The stock exchange had two years ago tabled the proposal to allow dual-class shareholding companies to list in Hong Kong, but was quickly rejected by the Securities and Futures Commission (SFC). This time around, the SFC chairman Carlson Tong Ka-shing said they had agreed to the consultation as the listings would be limited to the new board, compared with the previous proposal that applied to the entire market.
The Hong Kong Investments Funds Association, the industry body of fund houses in Hong Kong, is opposed to such a structure.
“In principle, investment managers believe that “one share one vote” is a cornerstone of investor protection,” said Sally Wong, chief executive of HKIFA.
“As for the discussion about the proposed third board, we should not view this in silos, but take a holistic approach and consider the relationships between the different boards. For example, will a third board listed company be “upgraded” to the main board? Or from the start-ups to the “premium” class? If yes, what are the exit or entry mechanisms,” she said.
Brett McGonegal, chief executive of Capital Link International said the attempt to draw sought-after technology companies to list in Hong Kong had two audiences to placate including the companies and public investor.
But the balance between the two was not easy to strike, he said.
“Voting control through a dual class listing system does not translate into risk nor impropriety. However, the exchange needs to make sure the individual investor’s interests are both aligned and protected. The old expression buyer beware cannot be the basis of a regulatory protection campaign because nothing is more paramount in the list of priorities,” McGonegal said.
Mark Mobius, executive chairman for Templeton Emerging Markets Group, who manages US$26 billion for clients in emerging markets including Hong Kong and mainland China, said he fully supported the HKEX consultation.
“A third listing board will give an opportunity for fintech and innovative companies to compete in Hong Kong and share in the success of Shenzhen’s ChiNext which has been successful in raising capital for this rapid growing sector of our industry,” Mobius said.

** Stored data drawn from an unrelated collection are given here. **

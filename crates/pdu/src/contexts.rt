//! The presentation contexts that a request proposes.
ghost use Rattle.std.specs.Prelude.{◌≡◌};
ghost use Rattle.std.specs.Iterator.{YieldsFirst, item_count};
ghost use Rattle.pdu.specs.Items.{items_of, proposals};

use crate::item::Items;
use crate::proposal::Proposal;

/// An iterator over the presentation contexts that a request proposes, in order.
#[derive(Clone, Copy)]
pub struct Contexts<'a> {
    items: Items<'a>,
}

impl<'a> Contexts<'a> {
    ghost use Rattle.pdu.specs.Remaining.{proposals_remaining};

    /// Returns an iterator over the proposed presentation contexts among the items in these bytes.
    pub(crate) fn of(text: &'a [u8]) -> Contexts<'a>
        ensures { proposals_remaining result ≡ proposals (items_of text.now) }
    {
        Contexts {
            items: Items::of(text),
        }
    }
}

impl<'a> Iterator for Contexts<'a> {
    type Item = Proposal<'a>;

    ghost use Rattle.pdu.specs.Remaining.{proposals_remaining};

    ghost next_gives = { YieldsFirst proposals_remaining };

    ghost remaining = { item_count proposals_remaining };

    fn next(&mut self) -> Option<Proposal<'a>> {
        while let Some(item) = self.items.next() {
            if item.is_context() {
                return Some(Proposal::of(item));
            }
        }
        None
    }
}
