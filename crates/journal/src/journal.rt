//! Observes one connection, and writes its log lines.
ghost use Rattle.std.specs.Prelude.{◌≡◌, []};

use crate::asked::{BadElement, Reply, shown_status};
use crate::end::{About, End};
use crate::event::{Value, known, shown, some};
use crate::events;
use crate::line_limits::Limited;
use crate::logger::Logger;
use crate::outcome::Outcome;
use crate::refusal::resources_reason;
use crate::state::State;
use decisions::{Decision, ValueEnd};
use dimse::{DimseFault, status};
use element::history::History;
use folder_filing::{DraftNotes, Location, StoredFile};
use log::{Level, Log};
use negotiate::Config;
use service::{Consumed, Observer, ReadEnd};
use std::alloc::Global;
use std::cell::RefCell;
use std::io;
use std::rc::Rc;
use std::rt::Files;
use std::time::Clock;

/// A summary of an association that has ended.
#[derive(Clone, Copy)]
pub struct Served {
    /// The state of the association.
    pub standing: &'static str,
    /// How many received bytes the association still holds.
    pub held: usize,
    /// How many files the association added to the folder.
    pub files: u32,
    /// How many bytes were received.
    pub received: u64,
    pub seconds: u64,
}

/// Observes one connection, and writes its log lines: at once what needs an operator's action, and
/// a summary of the association at its end. It is not `Drop`: only `end` consumes it, so each
/// association has the lines of its end.
pub struct Journal<'a, R: Log + Clock, S: Files + Alloc + Clone + Drop>
where
    S::File: StoredFile,
{
    pub(crate) logger: Logger<'a, R>,
    /// What happened to the drafts of the filing.
    pub(crate) notes: Rc<DraftNotes<S>, S::A>,
    pub(crate) config: &'a Config,
    state: RefCell<State>,
    /// For contracts: the portions of input of which it was notified.
    heard: History<History<u8>>,
    pub(crate) alloc: Global,
}

impl<'a, R: Log + Clock, S: Files + Alloc + Clone + Drop> Journal<'a, R, S>
where
    S::File: StoredFile,
{
    /// Creates the journal of a connection with this configuration. `notes` are those of its
    /// filing. `alloc` is for the text that is written beside a quarantined data set.
    pub fn new(
        alloc: Global,
        logger: Logger<'a, R>,
        notes: Rc<DraftNotes<S>, S::A>,
        config: &'a Config,
    ) -> Journal<'a, R, S>
        ensures nothing_heard { result.heard ≡ [] }
    {
        Journal {
            logger,
            notes,
            config,
            state: RefCell::new(State::new()),
            heard: History::new(),
            alloc,
        }
    }

    /// Writes the last lines of an association that has ended.
    pub fn end(self, served: Served) {
        self.report_association(served);
        let Journal {
            logger: _logger,
            notes: _notes,
            config: _config,
            state: _state,
            heard: _heard,
            alloc: _alloc,
        } = self;
    }

    fn report_association(&self, served: Served) {
        let Ok(mut state) = self.state.try_borrow_mut() else {
            return;
        };
        self.report_filing(&mut state);
        self.remove_aside();
        self.report_omitted(&mut state);
        self.report_unanswered(&mut state);
        self.report_unused(&mut state);
        self.count_end(&state, served.received);
        if self.has_lines(&mut state, Level::Info) {
            self.report_ended(&state, served);
        }
    }

    fn report_ended(&self, state: &State, served: Served) {
        let counts = state.counts;
        self.logger.report(
            events::ENDED,
            &[
                Value::Text(served.standing),
                Value::Number(served.held as u64),
                Value::Number(u64::from(served.files)),
                Value::Number(counts.dropped()),
                Value::Number(served.received),
                Value::Number(served.seconds),
                shown(&state.calling),
                shown(&state.called),
                state.shown_end(),
                Value::Number(state.accepted.len() as u64),
                Value::Number(state.proposed),
                Value::Number(counts.stored),
                Value::Number(counts.refused),
                Value::Number(counts.failed),
            ],
        );
    }

    /// Returns whether lines of this level are written about the association. They are if it stored
    /// something, else only for a limited number of associations a second, since a peer may open
    /// any number.
    pub(crate) fn has_lines(&self, state: &mut State, level: Level) -> bool {
        if !self.logger.reports(level) {
            return false;
        }
        if state.counts.stored > 0 {
            return true;
        }
        match state.has_lines {
            Some(has_lines) => has_lines,
            None => {
                let has_lines = self.logger.admits(Limited::Association);
                state.has_lines = Some(has_lines);
                has_lines
            }
        }
    }

    /// Adds the association, and its stores without a reply, to the metrics.
    fn count_end(&self, state: &State, received: u64) {
        if let Some(metrics) = self.logger.metrics() {
            metrics.count_unanswered(state.counts.unanswered());
            metrics.count_end(state.counted_end(), received);
        }
    }

    /// Logs the store that had no reply, or whose reply was not sent completely, unless it was
    /// logged why its file was lost.
    fn report_unanswered(&self, state: &mut State) {
        let count = state.counts.unanswered();
        if count == 0 && state.unconfirmed.is_none()
            || state.has_filing_failed && state.end == Some(End::FileLost)
            || !self.has_lines(state, Level::Warn)
        {
            return;
        }
        let (class, instance) = state.asked();
        if let Some(location) = state.unconfirmed {
            self.logger.report(
                events::NOT_CONFIRMED,
                &[
                    state.shown_end(),
                    some(location),
                    class,
                    instance,
                    known(&state.calling),
                ],
            );
        } else {
            self.logger.report(
                events::UNANSWERED,
                &[
                    state.shown_end(),
                    class,
                    instance,
                    Value::Number(count),
                    known(&state.calling),
                ],
            );
        }
    }

    /// Logs the system error of a failed call of the filing, once, with its store.
    fn report_filing(&self, state: &mut State) {
        if let Some(error) = self.notes.error.take() {
            state.has_filing_failed = true;
            let (class, instance) = state.asked();
            self.logger.report(
                events::FILING_FAILED,
                &[shown(&error), class, instance, known(&state.calling)],
            );
        }
    }

    /// Records input that the association consumed, and logs its effect.
    fn note(&self, consumed: &Consumed<'_>) {
        let Ok(mut state) = self.state.try_borrow_mut() else {
            return;
        };
        self.report_minute(&mut state);
        let decision = state.take(consumed);
        self.report_filing(&mut state);
        self.report(&mut state, decision, consumed);
    }

    /// Records what the association decided, and logs it.
    fn report(&self, state: &mut State, decision: Decision, consumed: &Consumed<'_>) {
        if let Decision::RequestJudged(answer) = decision {
            self.judge(state, answer, consumed);
        }
        match decision.value_end() {
            ValueEnd::Replied(status, detail) if state.message.is_store => {
                let reply = Reply { status, detail };
                if consumed.is_held {
                    state.held = Some(reply);
                } else {
                    self.report_reply(state, reply);
                }
            }
            ValueEnd::Replied(status, _) if status != status::SUCCESS => {
                self.report_echo(state, status);
            }
            _ => {}
        }
        if let Some(end) = state.end_by(decision, consumed.reply) {
            state.end(end);
            self.report_end(state, end, consumed);
        }
    }

    /// Logs that an echo was refused, once.
    fn report_echo(&self, state: &mut State, status: u16) {
        if !state.is_echo_reported && self.has_lines(state, Level::Warn) {
            self.logger.report(
                events::ECHO_REFUSED,
                &[shown_status(status), known(&state.calling)],
            );
        }
        state.is_echo_reported = true;
    }

    /// Logs that the association was rejected or aborted by its last decision.
    fn report_end(&self, state: &mut State, end: End, consumed: &Consumed<'_>) {
        match end {
            End::Rejected(rejection) => {
                if let About::Length(_) = rejection.about {
                    state.take_titles(consumed.ahead);
                }
                if self.has_lines(state, Level::Warn) {
                    self.logger.report(
                        events::REJECTED,
                        &[
                            shown(rejection),
                            shown(&state.calling),
                            shown(&state.called),
                        ],
                    );
                }
            }
            End::Aborted(_, Decision::CommandRefused(DimseFault::BadCommand, _)) => {
                self.report_abort(state, BadElement::of(consumed.bytes));
            }
            End::Aborted(..) => self.report_abort(state, None),
            _ => {}
        }
    }

    /// Logs that the association was aborted, with the invalid element, if any.
    fn report_abort(&self, state: &mut State, bad: Option<BadElement>) {
        if self.has_lines(state, Level::Warn) {
            let (element, value) = match bad {
                Some(BadElement { number, value }) => {
                    (shown(format_args!("0000,{number:04x}")), shown(value))
                }
                None => (Value::Absent, Value::Absent),
            };
            self.logger.report(
                events::ABORTED,
                &[state.shown_end(), element, value, known(&state.calling)],
            );
        }
    }

    /// Counts the reply to a store, and logs it.
    fn report_reply(&self, state: &mut State, reply: Reply) {
        let counted = state.count(reply.status);
        if let Some(metrics) = self.logger.metrics() {
            metrics.count_answer(counted);
        }
        self.settle_aside(state, reply);
        let location = self.notes.location.take();
        let is_stored = Outcome::counted(counted) == Outcome::Stored;
        if is_stored {
            state.unconfirmed = Some(location);
        }
        if !is_stored || self.logger.reports(Level::Debug) {
            self.report_store(state, reply, location);
        }
        if let Some(location) = self.notes.low.take() {
            self.logger.report(events::NUMBERS_LOW, &[shown(location)]);
        }
    }

    /// Returns the reason for a reply, if its status does not give it.
    pub(crate) fn reason<'b>(&self, state: &State, reply: Reply) -> Value<'b> {
        if reply.status == status::OUT_OF_RESOURCES {
            resources_reason(state.message.data_size, self.config.max_data)
        } else {
            Value::Absent
        }
    }

    /// Logs the reply to a store, unless it was logged why its file could not be written.
    fn report_store(&self, state: &mut State, reply: Reply, location: Option<Location>) {
        let is_reported = state.has_filing_failed && reply.status == status::OUT_OF_RESOURCES;
        let is_stored = Outcome::of(reply.status) == Outcome::Stored;
        let has_line = !is_stored && !is_reported && self.has_line(state, reply);
        let syntax = state.syntax();
        if has_line {
            let (status, fault, tag) = reply.values();
            let (class, instance) = state.asked();
            self.logger.report(
                events::NOT_STORED,
                &[
                    status,
                    fault,
                    tag,
                    self.reason(state, reply),
                    class,
                    instance,
                    known(&syntax),
                    known(&state.calling),
                ],
            );
        }
        if self.logger.reports(Level::Debug) {
            let (status, fault, tag) = reply.values();
            let (class, instance) = state.asked();
            self.logger.report(
                events::ANSWERED,
                &[
                    class,
                    instance,
                    known(&syntax),
                    Value::Number(state.message.data_size),
                    status,
                    fault,
                    tag,
                    some(location),
                ],
            );
        }
    }
}

impl<R: Log + Clock, S: Files + Alloc + Clone + Drop> Observer for Journal<'_, R, S>
where
    S::File: StoredFile,
{
    ghost heard = { λ journal. journal.heard };

    fn consumed(&mut self, consumed: &Consumed<'_>) {
        let mut bytes = History::new();
        bytes.append(consumed.bytes);
        self.heard.push(&bytes);
        self.note(consumed);
    }

    fn settled(&self, is_kept: bool) {
        let Ok(mut state) = self.state.try_borrow_mut() else {
            return;
        };
        self.report_filing(&mut state);
        if let Some(reply) = state.settle(is_kept) {
            self.report_reply(&mut state, reply);
        }
    }

    fn sent(&self, bytes: &[u8]) {
        if let Ok(mut state) = self.state.try_borrow_mut() {
            state.send(bytes.len());
        }
    }

    fn read_ended(&self, why: ReadEnd, abort: usize) {
        let Ok(mut state) = self.state.try_borrow_mut() else {
            return;
        };
        self.report_filing(&mut state);
        state.answer(abort);
        state.end(End::Read(why));
        if abort > 0 {
            self.report_abort(&mut state, None);
        }
    }

    fn send_failed(&self, _error: &io::Error) {
        if let Ok(mut state) = self.state.try_borrow_mut() {
            self.report_filing(&mut state);
            state.end(End::SendFailed);
        }
    }
}
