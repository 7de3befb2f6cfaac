//! Which changes survive a loss of power.

/// Which of the changes that may be lost survive; the lowest bit is for the first change.
#[derive(Clone, Copy)]
pub(crate) struct Choices(u64);

impl Choices {
    /// Returns whether the next change survives.
    pub(crate) fn survives(&mut self) -> bool {
        let survives = self.0 % 2 == 1;
        self.0 /= 2;
        survives
    }
}

/// The greatest number of changes for which each choice is tried.
const ALL_TRIED: usize = 10;

/// How many choices are tried for more changes.
const TRIED: u64 = 1000;

/// The choices that are tried for a number of changes: all for at most ten changes, else 1,000 from
/// a fixed seed.
#[derive(Drop)]
pub(crate) struct Tries {
    at: u64,
    count: u64,
    /// The state of the generator, or `None` if all choices are tried.
    seed: Option<u64>,
}

/// Returns two to the power of `times`.
fn doubled(times: usize) -> u64 {
    let mut count = 1u64;
    for _ in 0..times {
        count = count.saturating_mul(2);
    }
    count
}

impl Tries {
    pub(crate) fn new(changes: usize) -> Tries {
        if changes <= ALL_TRIED {
            return Tries {
                at: 0,
                count: doubled(changes),
                seed: None,
            };
        }
        Tries {
            at: 0,
            count: TRIED,
            seed: Some(0x9e37_79b9_7f4a_7c15),
        }
    }

    /// Returns the next choice, or `None` after the last one.
    pub(crate) fn next_choices(&mut self) -> Option<Choices> {
        if self.at >= self.count {
            return None;
        }
        let at = self.at;
        self.at = at.saturating_add(1);
        let Some(seed) = self.seed else {
            return Some(Choices(at));
        };
        let next = xorshift(seed);
        self.seed = Some(next);
        Some(Choices(next))
    }
}

/// Returns the next number of Marsaglia's 64-bit xorshift generator.
fn xorshift(state: u64) -> u64 {
    let state = state ^ state.wrapping_shl(13);
    let state = state ^ state.wrapping_shr(7);
    state ^ state.wrapping_shl(17)
}
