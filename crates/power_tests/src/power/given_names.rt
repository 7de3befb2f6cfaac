//! How a file gets its name: by a link if the disk has links, else by a rename once the name was
//! seen to be free. No existing file is overwritten.

use crate::power::disk::{Disk, Shared};
use crate::power::filed::{Due, Kept};
use crate::power::lives::{NEXT, open, tried_states};
use crate::power::trouble::{Act, Trouble};
use fixtures::folders::is_filed;
use std::alloc::Global;
use std::io;
use std::io::ErrorKind;
use std::test::Fail;

/// Opens the disk's folder and files two texts, until a call fails.
fn file_two(alloc: Global, disk: &Shared, kept: Kept) {
    if let Ok(mut filing) = open(alloc, disk, kept) {
        if is_filed(&mut filing, b"first") {
            let _ = is_filed(&mut filing, b"second");
        }
    }
}

/// Returns the kind of the call with this index when two texts are filed, or `None` if there are
/// fewer calls.
fn act_at(alloc: Global, kept: Kept, has_links: bool, at: usize) -> io::Result<Option<Act>> {
    let trouble = Trouble {
        failure: Some((at, ErrorKind::StorageFull)),
        has_links,
        ..Trouble::NONE
    };
    let disk = Disk::new(alloc, trouble)?.shared()?;
    file_two(alloc, &disk, kept);
    Ok(disk.try_borrow()?.failed().map(|failed| failed.act))
}

/// Returns the kinds of the calls when two texts are filed, in order.
fn acts(alloc: Global, kept: Kept, has_links: bool) -> io::Result<Vec<Act>> {
    let mut acts = Vec::new(alloc);
    for at in 0..200usize {
        match act_at(alloc, kept, has_links, at)? {
            Some(act) => acts.push(act)?,
            None => return Ok(acts),
        }
    }
    Err(io::Error::from(ErrorKind::InvalidData))
}

/// Returns how often this sequence of calls occurs.
fn times(acts: &[Act], calls: &[Act]) -> usize {
    let mut times = 0usize;
    for from in 0..acts.len() {
        if acts[from..].starts_with(calls) {
            times = times.saturating_add(1);
        }
    }
    times
}

#[test]
fn a_file_is_linked_where_the_disk_has_links(rt: HostRuntime) -> Result<(), Fail> {
    for kept in [Kept::Flat, Kept::Levels] {
        let acts = acts(rt.alloc(), kept, true)?;
        let acts = acts.as_slice();
        assert!(rt; times(acts, &[Act::Link]) == 2 && times(acts, &[Act::Rename]) == 0);
    }
    Ok(())
}

#[test]
fn a_file_is_renamed_once_its_name_was_looked_at(rt: HostRuntime) -> Result<(), Fail> {
    for kept in [Kept::Flat, Kept::Levels] {
        let acts = acts(rt.alloc(), kept, false)?;
        let acts = acts.as_slice();
        assert!(rt; times(acts, &[Act::Rename]) == 2);
        assert!(rt; times(acts, &[Act::Link, Act::Look, Act::Rename]) == 2);
    }
    Ok(())
}

/// The folder's path is checked before a draft is started and before it is named; when the folder is
/// opened, both the path and the opened folder are checked.
#[test]
fn the_path_is_looked_at_first(rt: HostRuntime) -> Result<(), Fail> {
    for has_links in [true, false] {
        let acts = acts(rt.alloc(), Kept::Flat, has_links)?;
        let acts = acts.as_slice();
        let opens = [Act::LookAtFolder, Act::Lock, Act::LookAtFolder, Act::List];
        assert!(rt; times(acts, &opens) == 1);
        let starts = [Act::LookAtFolder, Act::Create, Act::Look, Act::Write];
        assert!(rt; times(acts, &starts) == 2);
        assert!(rt; times(acts, &[Act::Sync, Act::LookAtFolder, Act::Link]) == 2);
        assert!(rt; times(acts, &[Act::LookAtFolder]) == 6);
    }
    Ok(())
}

/// A draft that may remain is removed when the folder is opened, and each draft once it has its
/// name. Nothing is removed before a draft is started.
#[test]
fn no_draft_is_removed_that_is_not_there(rt: HostRuntime) -> Result<(), Fail> {
    let acts = acts(rt.alloc(), Kept::Flat, true)?;
    let acts = acts.as_slice();
    assert!(rt; times(acts, &[Act::Sync, Act::Remove]) == 2);
    assert!(rt; times(acts, &[Act::Remove]) == 3);
    Ok(())
}

/// The file that another program puts into the folder under the next name.
const OTHER: &[u8] = b"of another";

/// Puts the file of another program into the folder and makes it durable.
fn put_other(disk: &mut Disk, kept: Kept) -> io::Result<()> {
    let (folder, path) = match kept {
        Kept::Flat => ("disk", "disk/I0000002"),
        Kept::Levels => ("disk/S0000001", "disk/S0000001/I0000002"),
    };
    let node = disk.create(path)?;
    disk.write(node, OTHER)?;
    disk.sync(node)?;
    let folder = disk.node(folder)?;
    disk.sync(folder)
}

/// Returns the expected files: those that must exist, and the one that the next start files.
fn due_files<'a>(alloc: Global, files: &[&'a [u8]]) -> io::Result<Vec<Due<'a>>> {
    let mut due = Vec::new(alloc);
    for file in files {
        due.push(Due {
            file: *file,
            must: true,
            may: true,
        })?;
    }
    due.push(Due {
        file: NEXT,
        must: false,
        may: true,
    })?;
    Ok(due)
}

/// Returns whether a text is filed under the name after the next one if the next one is in use, and
/// all files exist after a loss of power, in each state that may remain.
fn spares_others(alloc: Global, kept: Kept, has_links: bool) -> io::Result<bool> {
    let trouble = Trouble {
        has_links,
        ..Trouble::NONE
    };
    let disk = Disk::new(alloc, trouble)?.shared()?;
    let mut filing = open(alloc, &disk, kept)?;
    let is_first = is_filed(&mut filing, b"first");
    put_other(&mut *disk.try_borrow_mut()?, kept)?;
    let is_next = is_filed(&mut filing, b"mine");
    let due = due_files(alloc, &[b"first", OTHER, b"mine"])?;
    let disk = disk.try_borrow()?;
    let tried = tried_states(alloc, &disk, kept, due.as_slice())?;
    Ok(is_first && is_next && tried.is_some())
}

#[test]
fn a_file_of_another_program_stays(rt: HostRuntime) -> Result<(), Fail> {
    for has_links in [true, false] {
        for kept in [Kept::Flat, Kept::Levels] {
            assert!(rt; spares_others(rt.alloc(), kept, has_links)?);
        }
    }
    Ok(())
}
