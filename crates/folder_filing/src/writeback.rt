//! Starts the writeback of a draft while it is received.
ghost use Rattle.std.specs.Prelude.{◌≡◌, ◌≤◌, ◌<◌, ◌+◌, ◌^◌, IfNone, IfSome, IsSome};

use libc::POSIX_FADV_DONTNEED;
use std::os::fd::RawFd;

/// The least number of bytes for which writeback is started: 4 MiB.
const STEP: u64 = 4_194_304;

/// A range of bytes of a file.
#[derive(Clone, Copy)]
struct Extent {
    /// The offset of its first byte in the file.
    from: u64,
    /// The number of its bytes.
    count: u64,
}

/// The part of a draft whose writeback was started.
///
/// The sync of a commit waits until the disk has every byte of the draft. So the system is advised
/// to start writing the appended bytes each time they reach 4 MiB: then the sync of a large draft
/// has little to write.
// It stands beside the file: a type around the file would be in all goals up to `server`.
#[derive(Drop)]
pub(crate) struct Writeback {
    /// The descriptor of the draft's file, if it is a file of the system.
    descriptor: Option<RawFd>,
    /// The offset up to which writeback was started.
    from: u64,
    /// The number of bytes that were appended from that offset on.
    waiting: u64,
}

impl Writeback {
    /// Creates the state of an empty draft, whose file has this descriptor.
    pub(crate) fn new(descriptor: Option<RawFd>) -> Writeback
        ensures from { result.from ≡ 0 }
        ensures waiting { result.waiting ≡ 0 }
    {
        Writeback {
            descriptor,
            from: 0,
            waiting: 0,
        }
    }

    /// Counts appended bytes, and returns the range whose writeback is to be started now: all bytes
    /// after the last range, if they reach 4 MiB. Each byte is in at most one range.
    fn add(&mut self, count: usize) -> Option<Extent>
        ensures from { IfSome result (λ range. range.from ≡ self.old.from) }
        ensures until { IfSome result (λ range. range.from + range.count ≡ self.new.from) }
        ensures least { IfSome result (λ range. 4194304 ≤ range.count) }
        ensures none { IfNone result (self.new.from ≡ self.old.from) }
        ensures some { 4194304 ≤ self.old.waiting + count → self.old.from + self.old.waiting + count < 2 ^ 64 → IsSome result }
        ensures consumed { self.old.from + self.old.waiting + count < 2 ^ 64 → self.new.from + self.new.waiting ≡ self.old.from + self.old.waiting + count }
    {
        let waiting = self.waiting.saturating_add(count as u64);
        match self.from.checked_add(waiting) {
            Some(until) if waiting >= STEP => {
                let from = self.from;
                self.from = until;
                self.waiting = 0;
                Some(Extent {
                    from,
                    count: waiting,
                })
            }
            _ => {
                self.waiting = waiting;
                None
            }
        }
    }

    /// Returns the range of the bytes whose writeback was not started.
    fn rest(&self) -> Extent
        ensures from { result.from ≡ self.now.from }
        ensures count { result.count ≡ self.now.waiting }
    {
        Extent {
            from: self.from,
            count: self.waiting,
        }
    }

    /// Advises the system to start the writeback of a range.
    ///
    /// `POSIX_FADV_DONTNEED` is that advice: Linux starts to write the dirty pages of the range and
    /// does not wait for them. A failed advice is ignored, since nothing depends on it: the sync of
    /// the commit writes each byte that is not on the disk yet, or fails. It also fails if earlier
    /// writeback has failed.
    fn advise(&self, range: Extent) {
        let Some(descriptor) = self.descriptor else {
            return;
        };
        if let (Ok(from), Ok(count)) = (i64::try_from(range.from), i64::try_from(range.count)) {
            let _status = libc::posix_fadvise(descriptor, from, count, POSIX_FADV_DONTNEED);
        }
    }

    /// Counts bytes that were appended to the draft's file, and starts the writeback of the next
    /// range if it is due.
    pub(crate) fn appended(&mut self, count: usize) {
        if let Some(range) = self.add(count) {
            self.advise(range);
        }
    }

    /// Starts the writeback of the remaining bytes of a file that gets no more. The file must still
    /// be open.
    pub(crate) fn start_rest(&self) {
        let rest = self.rest();
        if rest.count > 0 {
            self.advise(rest);
        }
    }
}
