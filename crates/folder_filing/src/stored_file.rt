//! Locks on files and folders, and the descriptors of files.
use std::fs::{File, TryLockError};
use std::os::fd::{AsRawFd, RawFd};

/// An open file or folder that can be locked. `FolderWriter` requires it of the runtime's files,
/// for the lock on its folder and for the writeback of its drafts.
pub trait StoredFile {
    /// Locks the file or folder until it is closed, without waiting.
    ///
    /// Fails with `WouldBlock` if it is locked through another open handle.
    fn try_lock(&self) -> Result<(), TryLockError>;

    /// Returns the system's descriptor of the file, or `None` if it is no file of the system: then
    /// no writeback is started before it is synced.
    fn descriptor(&self) -> Option<RawFd> {
        None
    }
}

impl StoredFile for File {
    fn try_lock(&self) -> Result<(), TryLockError> {
        File::try_lock(self)
    }

    fn descriptor(&self) -> Option<RawFd> {
        Some(self.as_raw_fd())
    }
}
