//! A wire that sends while there is power.
ghost use Rattle.std.specs.Prelude.{None};

use crate::power::disk::Shared;
use element::count::Count;
use pdu::{MemoryWire, Wire, WireFailed};
use std::alloc::Global;

/// A wire in memory that fails once the disk has lost power.
#[derive(Drop)]
pub(crate) struct PoweredWire {
    wire: MemoryWire<Global>,
    disk: Shared,
    failures: Count,
}

impl PoweredWire {
    pub(crate) fn new(alloc: Global, disk: Shared) -> PoweredWire {
        PoweredWire {
            wire: MemoryWire::new(alloc),
            disk,
            failures: Count::new(),
        }
    }

    /// Returns the bytes sent.
    pub(crate) fn sent(&self) -> &[u8] {
        self.wire.sent()
    }
}

impl Wire for PoweredWire {
    ghost line = { λ w. record { sent = None; failures = w.failures } };

    fn send(&mut self, bytes: &[u8]) -> Result<(), WireFailed> {
        let has_power = match self.disk.try_borrow_mut() {
            Ok(disk) => {
                let mut disk = disk;
                disk.sends()
            }
            Err(_) => false,
        };
        if !has_power || self.wire.send(bytes).is_err() {
            self.failures.add_one();
            return Err(WireFailed);
        }
        Ok(())
    }
}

“We believe dual class shares if structured appropriately, that is where all the rights to the shareholders are commonly shared, will be beneficial to the market as it should allow enterprising companies listed overseas to dually list in Hong Kong.”
Defining technology firms and the corporate governance that entails would be the issues to address, analysts said.
“The third board concept would be a good idea to attract more technology companies to list but how to define a firm as a technology or new economy firm may be controversial. If a company is conducting online lending services, is it considered as a traditional financial firm or a new technology company?” said Joseph Tong Tang, chairman of Morton Securities.
Keith Pogson, a senior partner of EY, said Hong Kong needed to diversify its IPO portfolio.
“There are many challenges to the Hong Kong market,” Pogson said. “We need to be responsive to the changing financing needs of the market. However this needs to be done in an investor friendly and robust way, as at the bedrock of Hong Kong’s success is the quality of process and governance that Hong Kong can bring,” Pogson said.
“We need to ensure that are market is ready for changing business models, that we understand markets such as technology, fintech, infrastructure and other evolving financing needs.”
Mark Konyn, group chief investment officer of AIA Group, said international exchanges were competing to attract new listings as the capital markets and the finance industry integrate globally.
“Creating new boards to attract companies under reduced levels of governance and less onerous listing requirements is a hot topic and one that needs to balance the commercial opportunity for the bourse itself and access opportunities for local investors with investor protection and oversight,” Konyn said.
“Technology driven businesses have access to many funding sources and international stock exchanges are keen not miss out on what is widely expected to continue to be a dominant sector for growing market capitalisation.”